# swan design



## JAYJAY (10 Sep 2009)

HI all,
i was asked to do a swan design just last week and seem as this was my 1st real request was chuffed to do it! found a few pics of swans i liked and came up with this......hope u like it , Gill said you all like to see pics and i'd like a bit of feedback if thats ok, its the only time i've had a go at designing and munipulating something for the scroll saw  all feedback welcome good......and bad


----------



## Gill (10 Sep 2009)

I like that design very much indeed  . You can clearly tell it is a swan and the fretwork is crisp. Unlike some fretwork designs which attempt to be an almost photographic representation of the subject, this is an interpretation which captures the spirit instead. It is much more creative and emotive. I really like the way you have kept the centre of the bird solid, flaring towards outer lightness. Adding the water effect is a lovely touch too, giving the piece balance.

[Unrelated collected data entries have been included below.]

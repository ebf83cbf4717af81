// Making the response to a manager's reply.
ghost use Rattle.std.specs.Prelude.{◌≡◌, IfOk};
ghost use Rattle.std.specs.Option.{option_map};
ghost use Rattle.qkd014_api.specs.Answers.{answer_of, status_answer, refused_answer, end_of, IsResponse};

use crate::Api;
use crate::container::keys_body;
use crate::message::{error, numbered_error};
use crate::status::{Pool, status_body};
use http_front::HttpResponse;
use net_model::{Event, Reply};
use qkd_base::{Memory, SaeNo};
use std::alloc::Global;

impl Api {
    /// The response to a manager's reply to an event. For a reply without a response it returns `Memory`, so that the
    /// connection ends.
    pub fn response_of(
        &self,
        alloc: Global,
        event: &Event,
        reply: &Reply,
        close: bool,
    ) -> Result<HttpResponse, Memory>
        ensures { IfOk result (IsResponse (answer_of self.now.nodes self.now.entitlements event.now reply.now) close) }
    {
        match reply {
            Reply::Handed { keys } => {
                let body = keys_body(alloc, keys)?;
                Ok(HttpResponse {
                    status: 200,
                    body,
                    close,
                })
            }
            Reply::ReadyCount { count } => self.status(alloc, event, *count, close),
            _ => refused(alloc, reply, close),
        }
    }

    // The response that tells the status of a pool.
    fn status(
        &self,
        alloc: Global,
        event: &Event,
        count: u32,
        close: bool,
    ) -> Result<HttpResponse, Memory>
        ensures { IfOk result (IsResponse (status_answer self.now.nodes self.now.entitlements event.now count) close) }
    {
        let Event::Status { master, slave } = event else {
            return Err(Memory);
        };
        let (master, source) = self.end(*master).ok_or(Memory)?;
        let (slave, target) = self.end(*slave).ok_or(Memory)?;
        let pool = Pool {
            master,
            slave,
            source,
            target,
            count,
        };
        let body = status_body(alloc, &pool)?;
        Ok(HttpResponse {
            status: 200,
            body,
            close,
        })
    }

    // The ID of an application, and the name of its node.
    fn end(&self, sae: SaeNo) -> Option<(&str, &str)>
        ensures { option_map (λ e. (e.0.now, e.1.now)) result ≡ end_of self.now.nodes self.now.entitlements sae }
    {
        let id = self.entitlements.id(sae)?;
        let home = self.entitlements.home(sae).ok()?;
        let name = self.nodes.get(usize::from(home.get()))?;
        Some((id, name.as_str()))
    }
}

// The response to a reply that is no success.
fn refused(alloc: Global, reply: &Reply, close: bool) -> Result<HttpResponse, Memory>
    ensures { IfOk result (IsResponse (refused_answer reply.now) close) }
{
    match reply {
        Reply::Unknown { place } => {
            numbered_error(alloc, 400, "key ", u32::from(*place), " is unknown", close)
        }
        Reply::Repeated { place } => {
            numbered_error(alloc, 400, "key ", u32::from(*place), " is repeated", close)
        }
        Reply::AlreadyHanded { place } => numbered_error(
            alloc,
            400,
            "key ",
            u32::from(*place),
            " was handed already",
            close,
        ),
        Reply::NotAllowed => error(alloc, 401, "not allowed", close),
        Reply::Few { count } => numbered_error(alloc, 503, "", *count, " keys ready", close),
        Reply::Down => error(alloc, 503, "manager down", close),
        Reply::Stopped => error(alloc, 503, "manager stopped", close),
        Reply::JournalFull { .. } => error(alloc, 503, "journal full", close),
        Reply::Memory => error(alloc, 500, "out of memory", close),
        _ => Err(Memory),
    }
}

If there was an aspect of the design which I thought deserved a negative critique, I would tell you - believe me! However, I think it's about as good as a design could be.

Thank you ever so much for showing us - I hope this is just the first of many more  .

Gill


----------



## Ugs (10 Sep 2009)

That is lovely.

The only change I would make is to leave out the bridge between the wing tips - it just bugs me


----------



## chipchaser (10 Sep 2009)

Hi Jayjay, 

Very impressed by your swan and especially so for a first effort! Nicely formed lines make pleasing shapes within the design. I don’t find the bridge too obvious but it would be nicer without. Might the wing tips taper more so that the bridge flows from one to the other? You have excellent design skills, stick at it. 

Graham


----------



## JAYJAY (11 Sep 2009)

thanks all,
i'll be honest and say the bridge between the wings was a bit of an error on my part, the wings should have just nicely came together like so.... )(.... but just touch to keep the swan a little stronger and more rigid, as i was coming to the tip and turning a caught the base on my lamp and the ended up a little shorter than i wanted  but i'm still pretty chuffed with how it came out all the same, thanks for the comments, and if i get the time i'll keep em coming!


----------



## StevieB (11 Sep 2009)

Very nice, it has something of the phoenix about it - I could see the design adapted slightly to form flames rather than feathers. 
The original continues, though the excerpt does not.